## What is required
A single number is the answer here: how many lines below include "numbered"?

(Beginning of Data extract)

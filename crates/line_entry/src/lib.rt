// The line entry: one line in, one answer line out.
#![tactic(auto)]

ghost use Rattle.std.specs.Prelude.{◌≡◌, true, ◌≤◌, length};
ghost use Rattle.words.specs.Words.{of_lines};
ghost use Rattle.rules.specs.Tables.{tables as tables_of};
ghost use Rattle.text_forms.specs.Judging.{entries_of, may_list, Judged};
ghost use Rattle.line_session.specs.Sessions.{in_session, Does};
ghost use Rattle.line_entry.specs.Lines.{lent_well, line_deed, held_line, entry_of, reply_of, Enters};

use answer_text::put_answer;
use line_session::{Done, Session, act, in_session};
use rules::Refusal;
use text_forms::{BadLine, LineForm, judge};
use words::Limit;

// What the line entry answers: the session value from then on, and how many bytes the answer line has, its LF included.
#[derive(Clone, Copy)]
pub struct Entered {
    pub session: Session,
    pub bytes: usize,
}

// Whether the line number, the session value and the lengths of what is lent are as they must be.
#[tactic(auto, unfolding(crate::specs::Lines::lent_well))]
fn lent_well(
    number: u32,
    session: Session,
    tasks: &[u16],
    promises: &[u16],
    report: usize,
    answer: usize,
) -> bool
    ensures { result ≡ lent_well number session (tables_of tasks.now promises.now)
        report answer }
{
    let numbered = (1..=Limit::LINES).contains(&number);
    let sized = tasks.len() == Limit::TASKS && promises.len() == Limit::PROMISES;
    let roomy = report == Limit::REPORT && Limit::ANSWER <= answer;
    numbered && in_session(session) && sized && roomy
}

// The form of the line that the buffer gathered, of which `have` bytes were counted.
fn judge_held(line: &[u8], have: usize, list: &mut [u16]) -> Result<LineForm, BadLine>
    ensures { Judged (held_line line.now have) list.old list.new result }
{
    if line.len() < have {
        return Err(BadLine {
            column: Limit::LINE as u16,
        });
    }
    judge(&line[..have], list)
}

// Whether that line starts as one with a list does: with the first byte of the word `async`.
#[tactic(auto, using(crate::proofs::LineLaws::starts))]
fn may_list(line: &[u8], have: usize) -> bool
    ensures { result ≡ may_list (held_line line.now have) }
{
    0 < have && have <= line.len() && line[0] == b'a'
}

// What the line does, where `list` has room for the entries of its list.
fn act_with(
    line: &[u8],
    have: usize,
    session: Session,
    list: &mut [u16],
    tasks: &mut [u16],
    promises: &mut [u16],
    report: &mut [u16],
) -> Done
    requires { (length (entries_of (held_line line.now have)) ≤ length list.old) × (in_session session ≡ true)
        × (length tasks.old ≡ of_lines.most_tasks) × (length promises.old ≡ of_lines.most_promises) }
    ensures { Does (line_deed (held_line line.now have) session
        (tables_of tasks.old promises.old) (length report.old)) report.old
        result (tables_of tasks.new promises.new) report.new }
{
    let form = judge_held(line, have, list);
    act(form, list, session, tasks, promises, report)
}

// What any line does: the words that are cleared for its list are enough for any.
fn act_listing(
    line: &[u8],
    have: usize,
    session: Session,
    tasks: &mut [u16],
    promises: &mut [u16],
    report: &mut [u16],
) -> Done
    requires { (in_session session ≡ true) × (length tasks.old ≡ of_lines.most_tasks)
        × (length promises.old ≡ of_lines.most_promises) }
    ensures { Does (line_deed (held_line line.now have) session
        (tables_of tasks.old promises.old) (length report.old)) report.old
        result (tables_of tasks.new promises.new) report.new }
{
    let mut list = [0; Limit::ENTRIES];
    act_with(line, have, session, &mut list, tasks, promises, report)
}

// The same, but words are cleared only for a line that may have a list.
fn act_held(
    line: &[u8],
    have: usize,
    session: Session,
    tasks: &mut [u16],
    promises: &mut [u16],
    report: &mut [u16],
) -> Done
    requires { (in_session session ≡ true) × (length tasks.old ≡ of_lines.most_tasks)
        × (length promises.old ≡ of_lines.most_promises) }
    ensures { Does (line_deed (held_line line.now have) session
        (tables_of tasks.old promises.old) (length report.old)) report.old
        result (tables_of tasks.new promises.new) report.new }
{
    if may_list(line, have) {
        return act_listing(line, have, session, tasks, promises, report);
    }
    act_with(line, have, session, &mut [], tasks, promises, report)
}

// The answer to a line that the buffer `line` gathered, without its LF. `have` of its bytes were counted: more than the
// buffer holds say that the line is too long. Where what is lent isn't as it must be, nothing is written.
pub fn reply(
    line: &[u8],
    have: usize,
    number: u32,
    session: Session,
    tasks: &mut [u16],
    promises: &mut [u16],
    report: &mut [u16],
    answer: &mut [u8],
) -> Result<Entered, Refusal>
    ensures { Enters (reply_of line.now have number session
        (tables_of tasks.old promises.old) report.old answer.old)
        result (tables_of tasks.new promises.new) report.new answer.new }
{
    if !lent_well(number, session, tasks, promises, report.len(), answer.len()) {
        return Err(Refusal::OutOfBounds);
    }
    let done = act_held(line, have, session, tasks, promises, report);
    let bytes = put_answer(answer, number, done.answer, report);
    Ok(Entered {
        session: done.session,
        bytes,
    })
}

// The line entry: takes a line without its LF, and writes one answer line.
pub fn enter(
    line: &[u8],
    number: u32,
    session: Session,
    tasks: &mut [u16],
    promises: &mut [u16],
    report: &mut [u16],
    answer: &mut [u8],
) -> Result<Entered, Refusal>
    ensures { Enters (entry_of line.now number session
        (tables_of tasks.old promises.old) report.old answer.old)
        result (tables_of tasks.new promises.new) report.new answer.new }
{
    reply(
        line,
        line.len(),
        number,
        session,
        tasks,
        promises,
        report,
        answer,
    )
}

(End of Data extract)
(Beginning of Data extract)

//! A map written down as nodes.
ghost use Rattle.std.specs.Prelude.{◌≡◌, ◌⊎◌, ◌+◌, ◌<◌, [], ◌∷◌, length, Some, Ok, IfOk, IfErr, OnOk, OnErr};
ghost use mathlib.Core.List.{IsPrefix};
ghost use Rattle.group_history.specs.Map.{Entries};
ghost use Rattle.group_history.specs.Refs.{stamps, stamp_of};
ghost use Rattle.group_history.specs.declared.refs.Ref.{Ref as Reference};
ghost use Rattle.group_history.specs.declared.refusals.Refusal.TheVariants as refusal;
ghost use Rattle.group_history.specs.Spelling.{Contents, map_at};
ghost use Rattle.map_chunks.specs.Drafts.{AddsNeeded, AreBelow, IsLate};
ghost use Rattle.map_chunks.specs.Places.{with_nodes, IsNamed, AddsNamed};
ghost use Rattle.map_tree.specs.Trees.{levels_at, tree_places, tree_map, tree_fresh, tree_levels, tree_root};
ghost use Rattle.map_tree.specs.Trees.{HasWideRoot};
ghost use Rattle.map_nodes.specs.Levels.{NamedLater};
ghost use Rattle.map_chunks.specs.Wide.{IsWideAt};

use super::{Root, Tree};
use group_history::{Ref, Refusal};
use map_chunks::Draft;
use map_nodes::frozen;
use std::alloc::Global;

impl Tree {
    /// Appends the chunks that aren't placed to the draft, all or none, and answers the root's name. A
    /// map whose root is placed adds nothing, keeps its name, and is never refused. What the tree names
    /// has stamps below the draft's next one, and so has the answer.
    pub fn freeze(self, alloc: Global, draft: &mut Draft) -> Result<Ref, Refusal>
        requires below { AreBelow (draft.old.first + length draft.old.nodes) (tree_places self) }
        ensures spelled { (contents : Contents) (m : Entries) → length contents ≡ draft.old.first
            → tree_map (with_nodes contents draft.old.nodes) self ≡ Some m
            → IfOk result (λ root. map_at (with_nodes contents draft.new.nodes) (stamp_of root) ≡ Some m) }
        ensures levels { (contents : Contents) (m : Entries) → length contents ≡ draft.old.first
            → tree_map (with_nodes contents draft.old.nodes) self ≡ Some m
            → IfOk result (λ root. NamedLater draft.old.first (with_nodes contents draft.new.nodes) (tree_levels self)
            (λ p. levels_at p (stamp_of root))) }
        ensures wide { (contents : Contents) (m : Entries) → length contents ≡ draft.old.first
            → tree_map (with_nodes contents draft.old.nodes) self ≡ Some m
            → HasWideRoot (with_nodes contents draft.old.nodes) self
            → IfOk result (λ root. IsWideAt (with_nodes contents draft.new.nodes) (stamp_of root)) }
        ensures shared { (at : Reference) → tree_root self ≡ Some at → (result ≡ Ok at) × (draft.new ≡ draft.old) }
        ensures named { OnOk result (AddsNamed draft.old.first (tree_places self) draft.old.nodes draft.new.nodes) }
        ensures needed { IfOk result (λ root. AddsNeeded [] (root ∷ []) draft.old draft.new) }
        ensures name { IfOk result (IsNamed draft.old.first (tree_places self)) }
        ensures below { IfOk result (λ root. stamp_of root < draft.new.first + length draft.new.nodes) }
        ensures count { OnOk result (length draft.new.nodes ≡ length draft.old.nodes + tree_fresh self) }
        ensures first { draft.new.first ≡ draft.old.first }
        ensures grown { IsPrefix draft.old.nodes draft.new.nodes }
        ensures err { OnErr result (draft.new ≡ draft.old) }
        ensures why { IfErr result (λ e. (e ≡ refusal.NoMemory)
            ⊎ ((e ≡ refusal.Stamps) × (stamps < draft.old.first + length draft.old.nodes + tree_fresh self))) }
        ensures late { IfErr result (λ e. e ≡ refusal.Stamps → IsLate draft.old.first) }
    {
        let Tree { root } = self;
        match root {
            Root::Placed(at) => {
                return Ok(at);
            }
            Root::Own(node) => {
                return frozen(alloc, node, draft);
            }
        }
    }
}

(End of Data extract)

## Task solution
2